---- RECORDS

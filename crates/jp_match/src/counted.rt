//! Patterns whose positions are counted once for many texts.

ghost use Rattle.std.specs.Prelude.{◌≡◌, ◌≤◌, ◌*◌, ◌-◌, ◌^◌, ℕ, Bool, List, IfSome, IsTrue, Some, min};
ghost use Rattle.std.specs.Option.{ForSome};
ghost use Rattle.std.specs.Str.{chars};
ghost use Rattle.jp_iregexp.specs.Tree.{tree};
ghost use Rattle.jp_iregexp.specs.Language.{Language};
ghost use Rattle.jp_iregexp.specs.Positions.{positions_of};
ghost use Rattle.jp_match.specs.Private.Plain.{unrolled};
ghost use Rattle.jp_match.specs.Private.Beginning.{AllBegin, RulesOut};
ghost use Rattle.jp_match.specs.Private.OneWidth.{HasOneWidth, has_width};
ghost use Rattle.jp_match.specs.Private.OnlyWords.{HasOnlyWords, characters};
ghost use Rattle.jp_match.specs.Private.Sweeps.{rounds_of};

use crate::counts::{Counts, counts_of};
use crate::effort::{steps_of_many, steps_of_scan};
use crate::first_chars::FirstChars;
use crate::one_width::width_of;
use crate::only_words::OnlyWords;
use crate::prefix::{begins_with, prefix_of};
use crate::scan::MOST_POSITIONS;
use jp_iregexp::Pattern;

/// A pattern of more positions has no table of first characters, since each position may have a class
/// that stands first.
const MOST_TABLED: u64 = 256;

/// A word of a pattern of more positions is not looked for at each character: many might begin one
/// that only fails late.
const MOST_SOUGHT: u64 = 64;

/// A pattern with its counts.
#[derive(Clone, Copy)]
pub(crate) struct Counted<'p> {
    pub(crate) pattern: &'p Pattern,
    pub(crate) counts: Counts,
    ghost positions: { counts.positions ≡ min (positions_of (tree pattern.now)) 4097 },
    ghost rounds: { counts.rounds ≡ min (rounds_of (unrolled (tree pattern.now))) (2 ^ 31) },
}

impl<'p> Counted<'p> {
    /// Counts the pattern.
    pub(crate) fn of(pattern: &'p Pattern) -> Counted<'p>
        ensures { result.pattern.now ≡ pattern.now }
    {
        let counts = counts_of(pattern);
        Counted { pattern, counts }
    }
}

/// A pattern whose positions were counted when it was made, so that a matcher need not count them
/// for each text. Where it has few words and no others, as `timeout|refused` has two, it keeps them,
/// so that a matcher looks for them as they are; of other patterns it keeps which characters no word
/// begins with, which characters all begin with, and whether all have one number of characters.
#[derive(Drop)]
pub struct CountedPattern {
    pub(crate) pattern: Pattern,
    counts: Counts,
    only_words: Option<OnlyWords>,
    first_chars: Option<FirstChars>,
    width: Option<u64>,
    prefix: Option<String>,
    steps_a_char: u64,
    ghost positions: { counts.positions ≡ min (positions_of (tree pattern)) 4097 },
    ghost rounds: { counts.rounds ≡ min (rounds_of (unrolled (tree pattern))) (2 ^ 31) },
    ghost spelled: { (words : List (List ℕ)) → only_words ≡ Some words → HasOnlyWords (tree pattern)
        words },
    ghost begins: { (table : List Bool) → first_chars ≡ Some table → RulesOut table (Language (tree
        pattern)) },
    ghost headed: { ForSome prefix (λ prefix. AllBegin (characters prefix) (Language (tree
        pattern))) },
    ghost moved: { counts.positions ≤ 64 * steps_a_char },
    ghost wide: { (each : ℕ) → width ≡ Some each → IsTrue (has_width (tree pattern) each) },
}

impl CountedPattern {
    /// Counts the positions of the pattern. Where there is no memory to keep its words, it is matched
    /// without them.
    pub fn new(pattern: Pattern) -> CountedPattern
        ensures { tree result.pattern ≡ tree pattern }
    {
        let counts = counts_of(&pattern);
        let steps_a_char = steps_of_scan(&pattern, counts.positions);
        let only_words = OnlyWords::of(&pattern);
        let first_chars = match only_words {
            None if counts.positions <= MOST_TABLED => Some(FirstChars::of(&pattern)),
            _ => None,
        };
        let width = match counts.positions <= MOST_POSITIONS {
            true => width_of(&pattern),
            false => None,
        };
        let prefix = match only_words {
            Some(_) => None,
            None => prefix_of(&pattern),
        };
        CountedPattern {
            pattern,
            counts,
            only_words,
            first_chars,
            width,
            prefix,
            steps_a_char,
        }
    }

    /// The pattern.
    pub fn pattern(&self) -> &Pattern
        ensures { tree result.now ≡ tree self.now.pattern }
    {
        &self.pattern
    }

    /// How many steps it takes at most to match a text of so many bytes: for each character one for each
    /// 64 positions whose marks are moved, and at least one; of a pattern of more than 4,096 positions,
    /// as many as its sets of offsets take.
    #[inline(always)]
    pub fn steps_over(&self, bytes: usize) -> u64
        ensures { positions_of (tree self.now.pattern) ≤ 4096
            → min (positions_of (tree self.now.pattern) * bytes) (2 ^ 64 - 1) ≤ 64 * result }
    {
        if self.counts.positions > MOST_POSITIONS {
            return steps_of_many(&self.pattern, bytes as u64);
        }
        (bytes as u64).saturating_mul(self.steps_a_char)
    }

    /// The pattern with its counts.
    pub(crate) fn counted(&self) -> Counted<'_>
        ensures { tree result.pattern.now ≡ tree self.now.pattern }
    {
        Counted {
            pattern: &self.pattern,
            counts: self.counts,
        }
    }

    /// The only words of the pattern, where it has some that are known.
    pub(crate) fn only_words(&self) -> Option<&OnlyWords>
        ensures { IfSome result (λ words. HasOnlyWords (tree self.now.pattern) words.now) }
    {
        self.only_words.as_ref()
    }

    /// The characters that no word of the pattern begins with, where they are known.
    pub(crate) fn first_chars(&self) -> Option<&FirstChars>
        ensures { IfSome result (λ first. RulesOut first.now (Language (tree self.now.pattern))) }
    {
        self.first_chars.as_ref()
    }

    /// Whether the text is no word of the pattern, as its first characters tell. Where the answer is
    /// false it may be none, too.
    #[inline(always)]
    pub(crate) fn refuses(&self, text: &str) -> bool
        ensures { IsTrue result → Language (tree self.now.pattern) (chars text.now) → ⊥ }
    {
        match &self.prefix {
            Some(prefix) => !begins_with(text, prefix.as_str()),
            None => false,
        }
    }

    /// Whether each word of the pattern has the same number of characters. Where the answer is false
    /// they may have, too.
    pub(crate) fn has_one_width(&self) -> bool
        ensures { IsTrue result → HasOneWidth (tree self.now.pattern) }
    {
        self.width.is_some()
    }

    /// Whether each word has the same number of characters, and the pattern has so few positions that
    /// a word is looked for at each character.
    pub(crate) fn is_sought(&self) -> bool
        ensures { IsTrue result → HasOneWidth (tree self.now.pattern) }
    {
        self.counts.positions <= MOST_SOUGHT && self.has_one_width()
    }
}
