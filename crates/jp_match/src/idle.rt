//! Parts of a pattern that a step passes over.

ghost use Rattle.std.specs.Prelude.{◌≡◌, IfSome, IsTrue, false};
ghost use Rattle.jp_iregexp.specs.Tree.{tree, repeat};
ghost use Rattle.jp_match.specs.Private.Plain.{unrolled};
ghost use Rattle.jp_match.specs.Private.Sweeps.{IsBefore, IsIdle};

use crate::sweep::Sweep;
use jp_iregexp::Pattern;

/// A part that has no mark: where it is not entered, a step leaves it as it is.
#[derive(Clone, Copy)]
pub(crate) struct Idle {
    pub(crate) positions: usize,
    pub(crate) has_empty_word: bool,
}

/// How many positions a part has, and how many repeats that keep a round.
#[derive(Clone, Copy)]
pub(crate) struct Size {
    /// None until the part has been swept over.
    pub(crate) positions: usize,
    pub(crate) rounds: usize,
}

impl Size {
    /// That of a part that has not been swept over.
    pub(crate) fn unknown() -> Size
        ensures { result.positions ≡ 0 }
    {
        Size {
            positions: 0,
            rounds: 0,
        }
    }
}

/// Whether the next part of a sweep is a class that has no mark.
#[inline(always)]
pub(crate) fn is_idle_class(part: &Pattern, sweep: &Sweep) -> bool
    requires { IsBefore (unrolled (tree part.now)) sweep.now }
    ensures { IsTrue result → IsIdle (unrolled (tree part.now)) sweep.now 1 false }
{
    match part {
        Pattern::Class(_) => !sweep.marks[sweep.at],
        _ => false,
    }
}

/// The next part of a sweep, where it is a class or copies of one and has no mark.
#[inline(always)]
pub(crate) fn idle_part(part: &Pattern, sweep: &Sweep) -> Option<Idle>
    requires { IsBefore (unrolled (tree part.now)) sweep.now }
    ensures { IfSome result (λ idle. IsIdle (unrolled (tree part.now)) sweep.now idle.positions
        idle.has_empty_word) }
{
    if is_idle_class(part, sweep) {
        return Some(Idle {
            positions: 1,
            has_empty_word: false,
        });
    }
    match part {
        Pattern::Repeat { inner, least, most } => idle_copies(inner, *least, *most, sweep),
        _ => None,
    }
}

/// The copies of a class that a repeat with a most has, where none has a mark.
#[inline(always)]
fn idle_copies(inner: &Pattern, least: u32, most: Option<u32>, sweep: &Sweep) -> Option<Idle>
    requires { IsBefore (unrolled (repeat (tree inner.now) least most)) sweep.now }
    ensures { IfSome result (λ idle. IsIdle (unrolled (repeat (tree inner.now) least most))
        sweep.now idle.positions idle.has_empty_word) }
{
    let Some(most) = most else {
        return None;
    };
    let Pattern::Class(_) = inner else {
        return None;
    };
    if sweep.is_unmarked(most as usize) {
        return Some(Idle {
            positions: most as usize,
            has_empty_word: least == 0,
        });
    }
    None
}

--------

> **PROBLEM DESCRIPTION**:
Lines containing the string "Private" in the listing: say how many there are, giving only the number.

> **WRITTEN REPLY**:
7